The testimony and arguments by the two attorneys lasted less than two hours. The magistrate told everyone he would render a verdict in exactly one week. He indicated he was already convinced that Connor’s actions did not constitute attempted murder.
“Where’s your integrity if this was really an accident?” Margaret Neal said in the lobby of the courtroom after the hearing ended, with Brittany nodding in agreement. “Where’s your integrity to say to your friend in the courtroom in front of the judge, ‘Man I did this, but I’m sorry.’ I would want to apologize in front of my family, his family, as well as the judge.”
“If you’re a kid that’s been coming into my home, staying the night, acting like you’re almost like family … yeah, it matters to me.”
If Maurtice was frustrated, he hid it. He either believed the shooting was an accident or dearly wanted to believe it was an accident.
“I leave everything to God and Jesus,” he said.
Delivering the verdict
Exactly one week later, Margaret Neal was back at the courthouse for the reading of the magistrate’s verdict. Brittany wanted to come but couldn’t find anyone to watch her kids. Maurtice decided to stay home.
“Don’t you want to know what happens?” she had asked Maurtice.
“You can tell me,” he said to her.
On Monday afternoon, Gunning announced he found Connor guilty of first-degree assault. He also said he did not believe Connor intended to harm his friend.
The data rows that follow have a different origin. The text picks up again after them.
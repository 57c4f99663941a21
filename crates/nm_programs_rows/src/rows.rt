//! Whole reports of scripts, worked out by hand.

ghost use Rattle.std.specs.Prelude.{◌≡◌};
ghost use Rattle.nm_schedule_rows.specs.Listed.{IsSmall};

use crate::resumed::Resumed;
use nm_action::{Action, Turn};
use nm_actor::Actor;
use nm_base::Geometry;
use nm_migrator::MigratorActor;
use nm_play::Silent;
use nm_programs::run_programs;
use nm_report::{Report, print};
use nm_schedule_rows::listed::Listed;
use nm_script::parse;
use std::alloc::Global;
use std::process::Abort;
use std::test::Fail;

/// An actor of this number that reads the acknowledgement of the one processor, and ends. Condition: the machine has one
/// virtual page and one processor.
fn waiting<'a>(g: &'a Geometry, number: u32) -> Listed<'a>
    requires { IsSmall g.now }
    ensures geometry { result.geometry.now ≡ g.now }
    ensures number { result.number ≡ number }
    ensures new { ⟦<Listed<'a> as Actor>⟧.is_new result }
{
    Listed {
        geometry: g,
        number,
        turns: &[Turn::Do(Action::SeeAck { cpu: 0 })],
        given: 0,
        last: None,
    }
}

/// The report of a script with one processor and one virtual page.
fn reported(rt: &impl Abort, alloc: Global, text: &[u8]) -> Result<Vec<u8>, Fail> {
    assert!(rt; text.len() < 1000000);
    let script = parse(alloc, text)?;
    let g = &script.geometry;
    assert!(rt; g.cpus == 1);
    assert!(rt; g.vpages.len() == 1);
    let migrator = waiting(g, 1);
    let reclaimer = waiting(g, 2);
    let run = run_programs(alloc, &script, migrator, reclaimer, Silent)?;
    let report = Report {
        script: &script,
        results: &run.results,
        end: &run.end,
        tally: run.tally,
    };
    Ok(print(alloc, &report)?)
}

/// The same, with the migrator itself, which is resumed after its End, and after the second one again.
fn resumed(rt: &impl Abort, alloc: Global, text: &[u8]) -> Result<Vec<u8>, Fail> {
    assert!(rt; text.len() < 1000000);
    let script = parse(alloc, text)?;
    let g = &script.geometry;
    assert!(rt; g.cpus == 1);
    assert!(rt; g.vpages.len() == 1);
    let migrator = Resumed {
        migrator: MigratorActor::new(alloc, g, script.retry)?,
        left: 2,
    };
    let reclaimer = waiting(g, 2);
    let run = run_programs(alloc, &script, migrator, reclaimer, Silent)?;
    let report = Report {
        script: &script,
        results: &run.results,
        end: &run.end,
        tally: run.tally,
    };
    Ok(print(alloc, &report)?)
}

/// The lines of a report after those of the processor.
const REST: &[u8] = b"tier 0 free 3 mapped 1 shadow 0 held 0 of 4
tier 1 free 8 mapped 0 shadow 0 held 0 of 8
page 0 frame 0
faults demand 1 alias 0 hint 0 shadow 0
marks set 0 spilled 0 cold 0 committed 0 moved 0 noframe 0 gone 0 worn 0
moves aborted 0 remapped 0 copied 0 words 0
work flushes 0 reclaimed 0
settled yes
";

/// Runs a script with this program, and compares the report.
fn reports(rt: &impl Abort, alloc: Global, program: &[u8], made: &[u8]) -> Result<(), Fail> {
    let mut text = Vec::new(alloc);
    text.extend_from_slice(
        b"nomad 1\npage 4\ntiers 4 8\ncpus 1\nserial turns 1000\nmap 0 0 rw\ncpu 0\n",
    )?;
    text.extend_from_slice(program)?;
    let mut report = Vec::new(alloc);
    report.extend_from_slice(b"cpu 0\n")?;
    report.extend_from_slice(made)?;
    report.extend_from_slice(REST)?;
    let found = reported(rt, alloc, &text)?;
    assert!(rt; found == report);
    let again = resumed(rt, alloc, &text)?;
    assert!(rt; again == report);
    Ok(())
}

#[test]
fn a_load_gives_0_at_first(rt: HostRuntime) -> Result<(), Fail> {
    reports(&rt, rt.alloc(), b"load 0.0\n", b"load 0.0 0\n")
}

#[test]
fn the_last_word_of_a_page_holds_the_greatest_number(rt: HostRuntime) -> Result<(), Fail> {
    reports(
        &rt,
        rt.alloc(),
        b"store 0.3 42\nload 0.3\nstore 0.3 18446744073709551615\nload 0.3\n",
        b"store 0.3 42\nload 0.3 42\nstore 0.3 18446744073709551615\nload 0.3 18446744073709551615\n",
    )
}

#[test]
fn adds_wrap_at_the_end_of_a_word(rt: HostRuntime) -> Result<(), Fail> {
    reports(
        &rt,
        rt.alloc(),
        b"add 0.0 5\nadd 0.0 18446744073709551615\nload 0.0\n",
        b"add 0.0 5 gave 0\nadd 0.0 18446744073709551615 gave 5\nload 0.0 4\n",
    )
}
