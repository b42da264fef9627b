//! Clients without end, 64 at a time, until a control line says `stop`.

ghost use Rattle.std.specs.Prelude.{◌≡◌, ◌<◌};
ghost use Rattle.tp_lock.specs.Locked.{CameOf, IsFrom};
ghost use Rattle.tp_crowd.specs.Guests.{CarriesGuest};

use crate::ahead::Crew;
use crate::chronicle::{Chronicle, Visit, Visitor};
use crate::control::has_caller;
use crate::crowd::carry_over;
use crate::door::Door;
use crate::gate::{Caller, Gate, PLACES};
use crate::guest::{Guest, GuestDesk};
use crate::noticing::Unanswered;
use crate::pause::pause;
use crate::queue::RULERS;
use crate::ruling::{Askers, rule};
use crate::sockets::Socket;
use nbd_session::Profile;
use std::alloc::Global;
use std::marker::Brand;
use std::net::TcpStream;
use std::sync::atomic::{AtomicBool, Ordering};
use std::sync::{Mutex, Wait};
use std::thread;
use std::thread::Threads;
use std::time::Clock;
use tp_hub::{Answers, Desk, Event, Hub};
use tp_lock::{HubLock, LockedDesk, Start};
use tp_model::{DevId, Staged, Volumes};
use tp_msg::Managed;

/// When clients are told that it is over, so many seconds or so are left to them to take what they are answered.
const LAST_SECONDS: u32 = 5;

/// What serving without end gives back, when the last client has gone.
pub struct Stayed<V: Volumes> {
    pub hub: Hub<V>,
    /// Whether each thread could be made. Where one could not, nobody was let in any more.
    pub is_manned: bool,
    /// The control clients who said that it is to end: they may wait for what comes behind it, until their streams are let go of.
    pub askers: Vec<TcpStream>,
}

/// What the threads do for those who come.
trait Staff {
    /// Lets those in who come to a door, which has this index.
    fn welcome(&self, index: usize, door: &Door);

    /// Serves those who were let in, one after another, as the session of this number.
    fn serve(&self, number: u8)
        requires { number < 64 };

    /// Lets nobody in any more.
    fn shut(&self, doors: &[Door]);
}

/// Serves clients over a hub behind a lock.
#[derive(Drop)]
struct House<'m, R: Threads + Wait, V: Staged, A: Chronicle<V>, K: Start<V>> {
    rt: &'m R,
    alloc: Global,
    hub: &'m HubLock<'m, V, A, K>,
    gate: &'m Gate,
    crew: Crew,
}

impl<'m, R, V, A, K> House<'m, R, V, A, K>
where
    R: Threads + Wait + Clock,
    V: Managed + Staged,
    A: Chronicle<V>,
    K: Start<V>,
{
    /// Carries a client over the hub as the session of this number, up to its end, and tells which volume it had. What is made of its socket is what
    /// [`tp_hub::carry`] makes of a stream, each ask some runs, but that the end may be told before the socket told it.
    fn carry_guest(&self, number: u8, profile: Profile, guest: &mut Guest<'_, R>) -> Option<DevId>
        requires { number < 64 }
        ensures { CarriesGuest V.view number profile guest.old.socket.log.calls guest.new.socket.log.calls }
    {
        let mut desk = GuestDesk {
            desk: LockedDesk {
                rt: self.rt,
                alloc: self.alloc,
                hub: self.hub,
            },
            number,
            volume: None,
            unanswered: Unanswered::nothing(),
        };
        carry_over(self.alloc, &mut desk, number, profile, guest);
        desk.volume
    }

    /// Carries a client as the session of this number, up to its end.
    fn carry(&self, number: u8, stream: TcpStream) -> Visit
        requires { number < 64 }
    {
        let socket = Socket::new(self.rt, self.alloc, &self.crew, stream);
        let mut guest = Guest::new(socket, self.gate.is_over());
        let volume = self.carry_guest(number, self.gate.profile(), &mut guest);
        let visit = guest.visit(volume);
        guest.close();
        visit
    }

    /// Leaves one who has come to wait for a place, and tells if all are taken. False where nobody is let in any more.
    fn bring(&self, caller: Caller) -> bool {
        if self.gate.is_full(self.rt) {
            self.hub.alarm().waits(caller.door, caller.peer);
        }
        self.gate.bring(self.rt, caller)
    }

    /// Serves one client as the session of this number. It is sent away where its stream could not be ended from outside.
    fn serve_one(&self, number: u8, caller: Caller)
        requires { number < 64 }
    {
        let Caller { stream, door, peer } = caller;
        if let Err(error) = self.gate.enter(self.rt, number, &stream) {
            self.hub.alarm().not_accepted(&error);
            return;
        }
        let visitor = Visitor { number, door, peer };
        self.hub.alarm().came(&visitor);
        let visit = self.carry(number, stream);
        self.gate.leave(self.rt, number);
        self.hub.alarm().went(&visitor, &visit);
    }
}
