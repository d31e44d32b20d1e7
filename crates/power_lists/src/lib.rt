// The lists of calls that are played, and the questions that are asked after each failure.
#![tactic(auto)]

ghost use Rattle.std.specs.Prelude.{IfOk, ◌≡◌, ◌-◌, ◌++◌, string_bytes};
ghost use Rattle.power_lists.specs.Lists.{booked_in, booking_lines, question_lines};

use std::alloc::{AllocError, Global};

// The worked example, as far as it opens, files, books and asks, with calls that are refused: three
// bookings.
pub const FIRST_STAGE: &str = "open 1 2 100 200 limits 5 3 2\n\
    open 2 3 230 300 limits 5 4\n\
    file 1 2 1 1 50\n\
    file 2 3 1 1 40\n\
    file 1 3 1 2 80\n\
    file 1 3 0 2 200\n\
    price 1 on 0 1\n\
    price 0 on 0\n\
    book 1 2 on 0 1\n\
    free 0 0\n\
    free 0 1\n\
    free 0 2\n\
    book 1 2 on 0\n\
    book 0 3 on 0 1\n\
    book 1 1 on 1 0\n\
    book 0 1 on 0\n\
    leg 0\n\
    booking 1\n";

// The whole worked example.
pub const WORKED_EXAMPLE: &str = "open 1 2 100 200 limits 5 3 2\n\
    open 2 3 230 300 limits 5 4\n\
    file 1 2 1 1 50\n\
    file 2 3 1 1 40\n\
    file 1 3 1 2 80\n\
    file 1 3 0 2 200\n\
    price 1 on 0 1\n\
    price 0 on 0\n\
    book 1 2 on 0 1\n\
    free 0 0\n\
    free 0 1\n\
    free 0 2\n\
    book 1 2 on 0\n\
    book 0 3 on 0 1\n\
    pay 0\n\
    ticks 20\n\
    booking 2\n\
    cancel 0\n\
    booking 1\n\
    limits 0 to 1 1 1\n\
    leg 0\n\
    ticks 80\n\
    booking 1\n\
    book 1 1 on 0\n";

// Two legs with more seats, and the same fares.
pub const LARGER: &str = "open 1 2 100 200 limits 90 60 30\n\
    open 2 3 230 300 limits 80 40\n\
    file 1 2 1 1 50\n\
    file 2 3 1 1 40\n\
    file 1 3 1 2 80\n\
    file 1 3 0 2 200\n";

// What is asked of the legs and the fares: each fare is the cheapest for one of the prices, so that a
// fare that is missing is seen.
pub const QUESTIONS: &str = "leg 0\n\
    leg 1\n\
    free 0 0\n\
    free 0 1\n\
    free 0 2\n\
    free 1 0\n\
    free 1 1\n\
    price 1 on 0\n\
    price 1 on 1\n\
    price 1 on 0 1\n\
    price 0 on 0 1\n";

// A booking of one seat, on one leg or both, by its number.
fn booking_line(k: u32) -> &'static str
    ensures { result.now ≡ booked_in k }
{
    match k % 4 {
        0 => "book 1 1 on 0\n",
        1 => "book 1 1 on 1\n",
        2 => "book 0 1 on 0 1\n",
        _ => "book 1 1 on 0 1\n",
    }
}

// A list, and behind it the bookings from one number up to another.
pub fn with_bookings(heap: Global, list: &str, from: u32, to: u32) -> Result<String, AllocError>
    ensures { IfOk result (λ t. string_bytes t ≡ list.now ++ booking_lines from (to - from)) }
{
    let mut text = String::new(heap);
    text.push_str(list)?;
    for k in from..to {
        text.push_str(booking_line(k))?;
    }
    Ok(text)
}

// A list of questions, and behind it one about each of so many bookings.
pub fn with_questions(heap: Global, list: &str, bookings: u32) -> Result<String, AllocError>
    ensures { IfOk result (λ t. string_bytes t ≡ list.now ++ question_lines bookings) }
{
    let mut text = String::new(heap);
    text.push_str(list)?;
    for k in 0..bookings {
        let line = format!(in heap; "booking {k}\n")?;
        text.push_str(line.as_str())?;
    }
    Ok(text)
}
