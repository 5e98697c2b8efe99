//! Loads a file, a long one by several threads.
//!
//! A long file is cut where lines end. Each part is loaded by a thread of its own, into memory that this thread is the first to
//! touch. If anything is unexpected (a line is very long, a read fails, memory is refused, or the file changes its length),
//! nothing is kept of the parts, and the caller's thread loads the file from its first byte.
ghost use Rattle.std.specs.Prelude.{◌≡◌, ◌<◌, ◌≤◌, ◌+◌, ◌++◌, ◌^◌, ℕ, List, [], All, length, flat_map, true, false, vec_len, Some, None, IfOk, IfSome, IsErrOf, OnOk, OnErr};
ghost use Rattle.cb_job_files.specs.StoredFiles.{AreRead, IsWhole, IsUnreadable};
ghost use Rattle.cb_job_files.specs.Loading.{IsReadOn, IsReadTo, HasEnded, IsPart, AreInOrder, bytes_of};

use crate::stored::{StoredFile, Unreadable};
use cb_job_ends::texts::Text;
use cb_job_threads::apart::each_apart;
use std::alloc::{AllocError, Global};
use std::thread::Threads;

/// The fewest bytes of a part: each is at least one piece of the text, and more pieces take more time.
const LEAST_BYTES: u64 = 1_048_576;

/// How far the end of a line is looked for.
const REACH: usize = 4_096;

/// The most bytes of one read.
const CHUNK: usize = 131_072;

/// Why a file can't be loaded.
#[derive(Clone, Copy, Debug, PartialEq, Eq)]
pub enum FileFault {
    /// It can't be opened or read to its end, or changed its length while it was read.
    Unreadable,
    /// Memory for its bytes was refused.
    Memory,
}

impl From<Unreadable> for FileFault {
    ghost use Rattle.cb_job_files.specs.declared.loading.FileFault.TheVariants.{Unreadable};

    ghost from_gives = { λ _ e. e ≡ Unreadable };

    fn from(_error: Unreadable) -> FileFault {
        FileFault::Unreadable
    }
}

impl From<AllocError> for FileFault {
    ghost use Rattle.cb_job_files.specs.declared.loading.FileFault.TheVariants.{Memory};

    ghost from_gives = { λ _ e. e ≡ Memory };

    fn from(_error: AllocError) -> FileFault {
        FileFault::Memory
    }
}

/// Appends the bytes that one read of a file gives from this place on, at most so many that the list has `end`. Returns
/// how many.
fn read_on<F: StoredFile>(
    file: &F,
    place: u64,
    end: usize,
    bytes: &mut Vec<u8>,
) -> Result<usize, FileFault>
    requires { vec_len bytes.old < end }
    ensures bytes { IfOk result (IsReadOn (F.gives file.now) place end bytes.old.items bytes.new.items) }
    ensures fault { IsErrOf result FileFault.Unreadable → F.fails file.now }
{
    let done = bytes.len();
    bytes.resize(end, 0)?;
    let count = file.read_at(place, &mut bytes[done..])?;
    bytes.truncate(done + count);
    Ok(count)
}

/// Appends the bytes of a file from this place on to an empty list, until this many are there or the file ends. Returns whether it
/// ended.
fn read_up_to<F: StoredFile>(
    file: &F,
    start: u64,
    most: usize,
    bytes: &mut Vec<u8>,
) -> Result<bool, FileFault>
    requires empty { bytes.old.items ≡ [] }
    requires fits { start + most < 2 ^ 64 }
    ensures read { OnOk result (AreRead (F.gives file.now) start bytes.new.items) }
    ensures end { IfOk result (IsReadTo (F.gives file.now) start most (length bytes.new.items)) }
    ensures fault { IsErrOf result FileFault.Unreadable → F.fails file.now }
{
    while bytes.len() < most {
        let done = bytes.len();
        let end = done + (most - done).min(CHUNK);
        let count = read_on(file, start + done as u64, end, bytes)?;
        if count == 0 {
            return Ok(true);
        }
    }
    Ok(false)
}

/// Whether a file ends at this place or before.
fn has_ended<F: StoredFile>(file: &F, place: u64) -> Result<bool, Unreadable>
    ensures end { IfOk result (HasEnded (F.gives file.now) place) }
    ensures fault { OnErr result (F.fails file.now) }
{
    let mut byte = [0u8; 1];
    let count = file.read_at(place, &mut byte)?;
    Ok(count == 0)
}

/// Loads a file that says it has this many bytes.
fn load_counted<F: StoredFile>(alloc: Global, file: &F, length: u64) -> Result<Vec<u8>, FileFault>
    requires { F.says file.now (Some length) }
    ensures text { IfOk result (λ v. IsWhole (F.gives file.now) (F.says file.now) v.items) }
    ensures fault { IsErrOf result FileFault.Unreadable → IsUnreadable (F.fails file.now) (F.gives file.now) (F.says file.now) }
{
    let mut bytes = Vec::with_capacity(alloc, length as usize)?;
    if read_up_to(file, 0, length as usize, &mut bytes)? {
        return Err(FileFault::Unreadable);
    }
    if !has_ended(file, length)? {
        return Err(FileFault::Unreadable);
    }
    Ok(bytes)
}

/// Loads a file that doesn't say how many bytes it has.
fn load_uncounted<F: StoredFile>(alloc: Global, file: &F) -> Result<Vec<u8>, FileFault>
    requires { F.says file.now None }
    ensures text { IfOk result (λ v. IsWhole (F.gives file.now) (F.says file.now) v.items) }
    ensures fault { IsErrOf result FileFault.Unreadable → F.fails file.now }
{
    let mut bytes = Vec::new(alloc);
    if read_up_to(file, 0, usize::MAX, &mut bytes)? {
        Ok(bytes)
    } else {
        Err(FileFault::Memory)
    }
}

/// A part of a file, from one place up to another, and its bytes if they are loaded.
#[derive(Drop)]
struct Part {
    start: u64,
    end: u64,
    bytes: Vec<u8>,
    is_loaded: bool,
}

impl Part {
    /// Loads the part, unless a read fails or memory is refused. If the file ends before it, it has fewer bytes.
    fn load<F: StoredFile>(&mut self, file: &F)
        ensures { IsPart (F.gives file.now) self.new }
    {
        self.bytes.clear();
        self.is_loaded = false;
        let Some(length) = self.end.checked_sub(self.start) else {
            return;
        };
        match read_up_to(file, self.start, length as usize, &mut self.bytes) {
            Ok(_) => self.is_loaded = true,
            Err(_) => {}
        }
    }
}

/// Finds where the next line of a file begins after a place. None if no line ends within this reach.
fn next_line<F: StoredFile>(alloc: Global, file: &F, place: u64, reach: usize) -> Option<u64> {
    let mut near = Vec::new(alloc);
    near.resize(reach.max(1), 0).ok()?;
    let count = file.read_at(place, &mut near).ok()?;
    let end = near[..count].iter().position(|byte| *byte == b'\n')?;
    place.checked_add(end as u64 + 1)
}

/// Cuts a file of this length into this many parts where lines end. The first has room for all bytes. None if that is
/// fewer than two, if no line ends within this reach of a cut, or if memory is refused.
fn parts_of<F: StoredFile>(
    alloc: Global,
    file: &F,
    length: u64,
    count: u64,
    reach: usize,
) -> Option<Vec<Part>> {
    if count < 2 {
        return None;
    }
    let mut parts = Vec::new(alloc);
    let mut start = 0;
    for n in 1..=count {
        let end = if n < count {
            next_line(alloc, file, (length / count).saturating_mul(n), reach)?
        } else {
            length
        };
        let room = if n == 1 {
            length
        } else {
            end.checked_sub(start)?
        };
        let part = Part {
            start,
            end,
            bytes: Vec::with_capacity(alloc, room as usize).ok()?,
            is_loaded: false,
        };
        parts.push(part).ok()?;
        start = end;
    }
    Some(parts)
}

/// Loads parts, each in a thread of its own.
fn load_each<R: Threads + Sync, F: StoredFile>(rt: &R, file: &F, parts: &mut [Part])
    ensures { All (IsPart (F.gives file.now)) parts.new }
{
    each_apart(rt, &|_, part: &mut Part| part.load(file), parts);
}

/// Where the last part ends, if all are loaded, the first begins at 0, and each other where the one before it ends.
fn end_of(parts: &[Part]) -> Option<u64>
    ensures { IfSome result (AreInOrder 0 parts.now) }
{
    let mut left = parts;
    let mut place = 0u64;
    while let [part, rest @ ..] = left {
        if !part.is_loaded || part.start != place {
            return None;
        }
        place = place.checked_add(part.bytes.len() as u64)?;
        left = rest;
    }
    Some(place)
}

/// The text of parts. None if the first has no room for the bytes of all, or if memory is refused.
fn text_of(alloc: Global, parts: Vec<Part>) -> Option<Text>
    ensures { IfSome result (λ t. t ≡ bytes_of parts.items) }
{
    let mut lists = Vec::with_capacity(alloc, parts.len()).ok()?;
    for part in parts {
        lists.push(part.bytes).ok()?;
    }
    if lists.is_empty() {
        return None;
    }
    let first = lists.remove(0);
    Text::of_parts(first, lists)
}

/// Loads a file that says it has this many bytes by its parts, each in a thread of its own. None if anything is unexpected.
fn load_parts<R: Threads + Sync, F: StoredFile>(
    rt: &R,
    alloc: Global,
    file: &F,
    length: u64,
    parts: Vec<Part>,
) -> Option<Text>
    requires { F.says file.now (Some length) }
    ensures { IfSome result (IsWhole (F.gives file.now) (F.says file.now)) }
{
    let mut parts = parts;
    load_each(rt, file, &mut parts);
    if end_of(&parts)? != length {
        return None;
    }
    match has_ended(file, length) {
        Ok(true) => text_of(alloc, parts),
        _ => None,
    }
}

/// Loads a file that has said how many bytes it has, if it says so, in this many parts, each by a thread. They are cut where a
/// line ends within this reach. If anything is unexpected, this thread loads it from its first byte.
pub fn load_by<R: Threads + Sync, F: StoredFile>(
    rt: &R,
    alloc: Global,
    file: &F,
    said: Option<u64>,
    count: u64,
    reach: usize,
) -> Result<Text, FileFault>
    requires { F.says file.now said }
    ensures text { IfOk result (IsWhole (F.gives file.now) (F.says file.now)) }
    ensures fault { IsErrOf result FileFault.Unreadable → IsUnreadable (F.fails file.now) (F.gives file.now) (F.says file.now) }
{
    let Some(length) = said else {
        let bytes = load_uncounted(alloc, file)?;
        return Ok(Text::whole(alloc, bytes));
    };
    if let Some(parts) = parts_of(alloc, file, length, count, reach) {
        if let Some(text) = load_parts(rt, alloc, file, length, parts) {
            return Ok(text);
        }
    }
    let bytes = load_counted(alloc, file, length)?;
    Ok(Text::whole(alloc, bytes))
}

/// Loads a file by at most this many threads.
pub fn load<R: Threads + Sync, F: StoredFile>(
    rt: &R,
    alloc: Global,
    file: &F,
    threads: u32,
) -> Result<Text, FileFault>
    ensures text { IfOk result (IsWhole (F.gives file.now) (F.says file.now)) }
    ensures fault { IsErrOf result FileFault.Unreadable → IsUnreadable (F.fails file.now) (F.gives file.now) (F.says file.now) }
{
    let said = file.length();
    let most = said.unwrap_or(0) / LEAST_BYTES;
    load_by(rt, alloc, file, said, most.min(u64::from(threads)), REACH)
}
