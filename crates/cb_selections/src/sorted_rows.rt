//! The entries of a column in listed rows, where the numbers of these rows are in any order.
//!
//! An entry that is kept becomes a key: its row's place in the list, and then its own place in the column. Keys are single
//! numbers, so a short column is sorted by insertion and a long one without branches, and its values are moved once.
ghost use Rattle.std.specs.Prelude.{◌≡◌, ℕ, ◌<◌, ◌≤◌, ◌/◌, ◌%◌, length, take, slice_index, All, AllPairs};
ghost use Rattle.cb_selections.specs.ListedRows.{ArePlaces, IsListed};
ghost use Rattle.cb_selections.specs.RowKeys.{AreKeys};

use std::alloc::Global;

/// How many places in a column a key can have for each place of a row.
const ENTRIES: u64 = 1 << 32;

/// The entries of one column after another that are kept, at the fronts of two lists, and room for their keys.
#[derive(Drop)]
pub(crate) struct KeptColumn {
    pub(crate) rows: Vec<u32>,
    pub(crate) values: Vec<u64>,
    pub(crate) keys: Vec<u64>,
}

impl KeptColumn {
    /// No entries and no room.
    pub(crate) fn new(alloc: Global) -> Self {
        Self {
            rows: Vec::new(alloc),
            values: Vec::new(alloc),
            keys: Vec::new(alloc),
        }
    }
}

/// Writes the entries of a column that are in listed rows to the fronts of two lists, in order of their places in the list of
/// rows, which are their rows now. Returns how many they are.
pub(crate) fn write_sorted(
    kept_rows: &mut [u32],
    kept_values: &mut [u64],
    keys: &mut [u64],
    rows: &[u32],
    values: &[u64],
    listed: &[u32],
    places: &[u32],
) -> usize
    requires count { length values.now ≡ length rows.now }
    requires rows { AllPairs (λ i j. i < j) rows.now }
    requires inside { All (λ i. i < length places.now) rows.now }
    requires places { ArePlaces (length places.now) listed.now places.now }
    requires rows_room { length rows.now ≤ length kept_rows.old }
    requires values_room { length rows.now ≤ length kept_values.old }
    requires keys_room { length rows.now ≤ length keys.old }
    ensures rows_room { result ≤ length kept_rows.new }
    ensures values_room { result ≤ length kept_values.new }
    ensures listed { IsListed listed.now rows.now values.now (take result kept_rows.new) (take result kept_values.new) }
{
    let count = sort_keys(keys, rows, listed, places);
    read_keys(kept_rows, kept_values, &keys[..count], values);
    count
}

/// Writes the keys of the entries in listed rows to the front of a list, in ascending order, and returns how many they are.
fn sort_keys(keys: &mut [u64], rows: &[u32], listed: &[u32], places: &[u32]) -> usize
    requires rows { AllPairs (λ i j. i < j) rows.now }
    requires inside { All (λ i. i < length places.now) rows.now }
    requires places { ArePlaces (length places.now) listed.now places.now }
    requires room { length rows.now ≤ length keys.old }
    ensures most { result ≤ length rows.now }
    ensures room { length keys.new ≡ length keys.old }
    ensures keys { AreKeys listed.now rows.now (take result keys.new) }
    ensures ascending { AllPairs (λ x y. x < y) (take result keys.new) }
{
    let count = write_keys(keys, rows, listed, places);
    keys[..count].sort_unstable();
    count
}

/// The same, in the order of the column. A key is written in any case, and the next one over it if its row isn't listed.
#[inline(always)]
fn write_keys(keys: &mut [u64], rows: &[u32], listed: &[u32], places: &[u32]) -> usize
    requires rows { AllPairs (λ i j. i < j) rows.now }
    requires inside { All (λ i. i < length places.now) rows.now }
    requires places { ArePlaces (length places.now) listed.now places.now }
    requires room { length rows.now ≤ length keys.old }
    ensures most { result ≤ length rows.now }
    ensures room { length keys.new ≡ length keys.old }
    ensures keys { AreKeys listed.now rows.now (take result keys.new) }
{
    let mut count = 0usize;
    for n in 0..rows.len() {
        let place = places[rows[n] as usize];
        keys[count] = place as u64 * ENTRIES + n as u64;
        count += usize::from((place as usize) < listed.len());
    }
    count
}

/// Writes the rows and the values of keys to the fronts of two lists.
#[inline(always)]
fn read_keys(kept_rows: &mut [u32], kept_values: &mut [u64], keys: &[u64], values: &[u64])
    requires entries { All (λ key. key % ENTRIES < length values.now) keys.now }
    requires rows_room { length keys.now ≤ length kept_rows.old }
    requires values_room { length keys.now ≤ length kept_values.old }
    ensures rows_length { length kept_rows.new ≡ length kept_rows.old }
    ensures values_length { length kept_values.new ≡ length kept_values.old }
    ensures rows { (k : ℕ) → k < length keys.now → slice_index kept_rows.new k ≡ slice_index keys.now k / ENTRIES }
    ensures values { (k : ℕ) → k < length keys.now → slice_index kept_values.new k ≡ slice_index values.now (slice_index keys.now k % ENTRIES) }
{
    for n in 0..keys.len() {
        let key = keys[n];
        kept_rows[n] = (key / ENTRIES) as u32;
        kept_values[n] = values[(key % ENTRIES) as usize];
    }
}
Before announcing his sentence, he offered Margaret Neal the opportunity to speak. She remained in her seat in the back row and began to cry as she spoke of how her son will never be the same, how he has isolated himself, thinks he is disfigured and ugly, and expresses thoughts of killing himself.
Connor was also offered a chance to speak. He turned around toward Neal but did not make direct eye contact. He explained why he lied to police at first when he told them Maurtice shot himself. “I didn’t know if he would make it, and I was scared I would go to jail for a very long time.”
“I’m really sorry, I really am,” he continued. “I always loved Maurtice. We had a bond that would not break. It was unconditional love. We were foolish, and I’m very sorry.”
Connor’s step-grandfather also turned around to apologize to Neal, the first words between them since the shooting.
The magistrate sentenced Connor to probation. He declined the prosecutor’s request that Connor have no contact with Maurtice, wanting to leave open the possibility for the two boys to someday speak to each other.
“Basically, he just walked,” Neal said.
Connor’s step-grandfather, spotting Neal outside the courtroom repeated his apology. He offered her a hug. She received it.
Neal’s disappointment was unmitigated. The trial yielded only a legal answer, not the one Neal is still looking for. The verdict did not feel like resolution for her. Anything but.
Neal is still worried about her son. She talked about feeling helpless as a parent against the forces around her son, the fear and violence that builds more fear and violence, the peer pressure, the culture of guns, the video games, and social media, and rap videos.
“It doesn’t matter where I move,” she said, “unless I move out of the country.”
She didn’t know what to wish for Maurtice and Connor.
“Maurtice really wants to believe it was an accident,” she said. “He wants his friends back.”
She turned to walk out of the courthouse, go home, and deliver the verdict to her son.